[Stored items]
◇ ◇ ◇

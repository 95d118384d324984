// What a seat at the table behind a turn knows. These types are for contracts: no value of `Note`
// or `View` is made.
use std::collections::LinkedList;

/// A beginning of the story, and numbers of which all entries stand in it.
pub struct Note<E> {
    pub seen: LinkedList<E>,
    pub numbers: LinkedList<u64>,
}

/// A pass at rest and a holder have one note, a seat that has drawn no number yet has none.
pub struct View<E, D> {
    /// It holds the turn.
    pub holds: bool,
    /// The next number, where this view has the right to draw it, and else 0.
    pub due: u64,
    pub notes: LinkedList<Note<E>>,
    /// The start of the value, and `None` in a view that was joined into another.
    pub start: Option<D>,
}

◇ ◇ ◇

About this task:
Return every line of the data unchanged.

Exercise solution:
repository 95d118384d324984
// What a seat at the table behind a turn knows. These types are for contracts: no value of `Note`
// or `View` is made.
use std::collections::LinkedList;

/// A beginning of the story, and numbers of which all entries stand in it.
pub struct Note<E> {
    pub seen: LinkedList<E>,
    pub numbers: LinkedList<u64>,
}

/// A pass at rest and a holder have one note, a seat that has drawn no number yet has none.
pub struct View<E, D> {
    /// It holds the turn.
    pub holds: bool,
    /// The next number, where this view has the right to draw it, and else 0.
    pub due: u64,
    pub notes: LinkedList<Note<E>>,
    /// The start of the value, and `None` in a view that was joined into another.
    pub start: Option<D>,
}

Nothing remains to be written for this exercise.